** Opening Supplied material block **
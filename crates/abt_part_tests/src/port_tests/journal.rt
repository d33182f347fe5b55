//! The journal of a port, and a caller's receipts.
use super::fixture::{CAPACITY, TAU, port, request, same, says};
use abt_cell::{Answer, Vc};
use abt_gcra::Verdict;
use abt_journal::{Entry, PortInput, PortReply, PortState, Seat, ServeFault};
use abt_node::{ArriveFault, Back, CapacityFault, DropCause, Onward};
use std::alloc::Global;
use std::process::Abort;
use std::test::Fail;

// A port that is the ingress of the channel; if memory was refused, it is asked for again.
fn new_state(alloc: Global) -> Result<PortState, Fail> {
    let state = match port(alloc, 0, CAPACITY, &[100], TAU, &[]) {
        Some(state) => Some(state),
        None => port(alloc, 0, CAPACITY, &[100], TAU, &[]),
    };
    Ok(state.ok_or("refused twice")?)
}

// One step; if memory was refused, nothing has changed, and the same call then succeeds.
fn step(
    rt: &impl Abort,
    state: &mut PortState,
    caller: u16,
    input: &PortInput,
) -> Result<(u64, PortReply), Fail> {
    let before = state.entries().len();
    if let Ok(answer) = state.step(caller, *input) {
        return Ok(answer);
    }
    same(rt, &state.entries().len(), &before);
    Ok(state.step(caller, *input)?)
}

// One step of a seat; if memory was refused, nothing has changed, and the same call then succeeds.
fn seat_step(
    rt: &impl Abort,
    seat: &mut Seat,
    state: &mut PortState,
    input: &PortInput,
) -> Result<(u64, PortReply), ServeFault> {
    let (entries, receipts) = (state.entries().len(), seat.receipts().len());
    match seat.step(0, state, *input) {
        Err(ServeFault::Memory) => {}
        answer => return answer,
    }
    same(
        rt,
        &(state.entries().len(), seat.receipts().len()),
        &(entries, receipts),
    );
    seat.step(0, state, *input)
}

/// Who has a step done, what the port is given, and what it has to reply.
type Step = (u16, PortInput, PortReply);

// Demands what a port that did nothing replies to one step after the other.
fn all_step(rt: &impl Abort, state: &mut PortState, steps: &[Step]) -> Result<(), Fail> {
    for (place, (caller, input, reply)) in steps.iter().enumerate() {
        let answer = step(rt, state, *caller, input)?;
        same(rt, &answer, &(place as u64, *reply));
    }
    Ok(())
}

fn has_entries(rt: &impl Abort, state: &PortState, steps: &[Step]) {
    for (place, (caller, input, reply)) in steps.iter().enumerate() {
        let entry = Entry {
            place: place as u64,
            caller: *caller,
            input: *input,
            reply: *reply,
        };
        has_entry(rt, state, place, &entry);
    }
}

// By docs/RULES.md, "Node" and "GCRA": the first request fits and passes; another ask under its number conflicts; the yes
// to it passes; the first cell conforms at any moment, and one before it is refused.
#[test]
fn a_port_keeps_a_journal_of_all_that_it_replied(rt: HostRuntime) -> Result<(), Fail> {
    let (first, other) = (request(100, 1, 0x5258)?, request(100, 1, 0x5120)?);
    let vc = first.vc();
    let rows = [
        (
            7,
            PortInput::Request(first),
            PortReply::Requested(Onward::Pass),
        ),
        (
            8,
            PortInput::Request(other),
            PortReply::Requested(Onward::Drop(DropCause::Conflict)),
        ),
        (
            7,
            PortInput::Answer(Answer::of(&first, true)),
            PortReply::Answered(Back::Pass),
        ),
        (
            7,
            PortInput::Arrive { vc, at: 5 },
            PortReply::Arrived(Ok(Verdict::Conforming)),
        ),
        (
            8,
            PortInput::Arrive { vc, at: 4 },
            PortReply::Arrived(Err(ArriveFault::ClockBack)),
        ),
    ];
    let mut state = new_state(rt.alloc())?;
    all_step(&rt, &mut state, &rows)?;
    opened_as(&rt, &state, vc);
    has_entries(&rt, &state, &rows);
    same(&rt, &state.into_entries().len(), &5);
    Ok(())
}

// By docs/RULES.md, "Node": a capacity below the sum is refused, the sum itself is set, and then 1,000 cells per second don't fit, so that
// nothing is held; the greatest capacity is 2^60. What the journal began with stays.
#[test]
fn a_port_goes_by_its_new_capacity_and_keeps_that_of_its_opening(
    rt: HostRuntime,
) -> Result<(), Fail> {
    let (first, more) = (request(100, 1, 0x5258)?, request(100, 2, 0x53e8)?);
    let rows = [
        (
            9,
            PortInput::Request(first),
            PortReply::Requested(Onward::Pass),
        ),
        (
            9,
            PortInput::Capacity(307_199),
            PortReply::Capped(Err(CapacityFault::BelowSum)),
        ),
        (9, PortInput::Capacity(307_200), PortReply::Capped(Ok(()))),
        (
            9,
            PortInput::Request(more),
            PortReply::Requested(Onward::Refuse(Answer::of(&more, false))),
        ),
        (
            9,
            PortInput::Capacity(1_152_921_504_606_846_977),
            PortReply::Capped(Err(CapacityFault::AboveLimit)),
        ),
        (9, PortInput::Capacity(0), PortReply::Capped(Ok(()))),
    ];
    let mut state = new_state(rt.alloc())?;
    all_step(&rt, &mut state, &rows)?;
    opened_as(&rt, &state, first.vc());
    same(&rt, &state.into_entries().len(), &6);
    Ok(())
}

// Demands what a port was at its opening: its number, capacity, and one connection, of tau 200.
fn opened_as(rt: &impl Abort, state: &PortState, vc: Vc) {
    same(
        rt,
        &(state.id(), state.opening_capacity(), state.count()),
        &(0, CAPACITY, 1),
    );
    same(rt, &state.tau(vc), &Some(Some(200)));
}

// Demands that an entry stands at its place, and at no other.
fn has_entry(rt: &impl Abort, state: &PortState, place: usize, entry: &Entry) {
    same(rt, &state.entries().get(place), &Some(entry));
    assert!(rt; state.has(entry));
    let moved = Entry { place: 9, ..*entry };
    assert!(rt; !state.has(&moved));
}

#[test]
fn a_seat_keeps_receipts_and_knows_a_journal_that_is_too_short(
    rt: HostRuntime,
) -> Result<(), Fail> {
    let input = PortInput::Request(request(100, 1, 0x5258)?);
    let passed = PortReply::Requested(Onward::Pass);
    let mut state = new_state(rt.alloc())?;
    let mut other = new_state(rt.alloc())?;
    let mut seat = Seat::new(rt.alloc(), 3);
    same(&rt, &seat.caller(), &3);
    saw(&rt, &seat, (0, 0), 0);
    steps(&rt, &mut seat, &mut state, &input, Ok((0, passed)));
    same(&rt, &step(&rt, &mut state, 4, &input)?, &(1, passed));
    steps(&rt, &mut seat, &mut state, &input, Ok((2, passed)));
    saw(&rt, &seat, (3, 0), 2);
    has_receipts(&rt, &seat, [0, 2]);

    let wound = Err(ServeFault::Wound { seen: 3, found: 0 });
    steps(&rt, &mut seat, &mut other, &input, wound);
    same(&rt, &other.entries().len(), &0);
    saw(&rt, &seat, (3, 0), 2);
    Ok(())
}

// Demands what a seat's step answers.
fn steps(
    rt: &impl Abort,
    seat: &mut Seat,
    state: &mut PortState,
    input: &PortInput,
    expected: Result<(u64, PortReply), ServeFault>,
) {
    same(rt, &seat_step(rt, seat, state, input), &expected);
}

// Demands what a seat has seen of ports 0 and 1, and how many receipts it has.
fn saw(rt: &impl Abort, seat: &Seat, seen: (u64, u64), receipts: usize) {
    same(rt, &(seat.seen(0), seat.seen(1)), &seen);
    same(rt, &seat.receipts().len(), &receipts);
}

// Demands that the receipts of caller 3 are of port 0, at these places.
fn has_receipts(rt: &impl Abort, seat: &Seat, places: [u64; 2]) {
    for (receipt, place) in seat.receipts().iter().zip(places) {
        same(rt, &(receipt.port, receipt.entry.caller), &(0, 3));
        same(rt, &receipt.entry.place, &place);
    }
}

#[test]
fn faults_say_what_is_wrong(rt: HostRuntime) -> Result<(), Fail> {
    let rows = [
        (
            ServeFault::Wound { seen: 2, found: 0 },
            "the journal has 0 entries, and 2 were seen of it",
        ),
        (ServeFault::Memory, "out of memory"),
    ];
    for (fault, words) in rows {
        says(&rt, rt.alloc(), &fault, words)?;
    }
    Ok(())
}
** Closing Supplied material block **
# Your assignment
Some lines above hold the word "moved". Copy all of them.

# Finished task
    let moved = Entry { place: 9, ..*entry };
    assert!(rt; !state.has(&moved));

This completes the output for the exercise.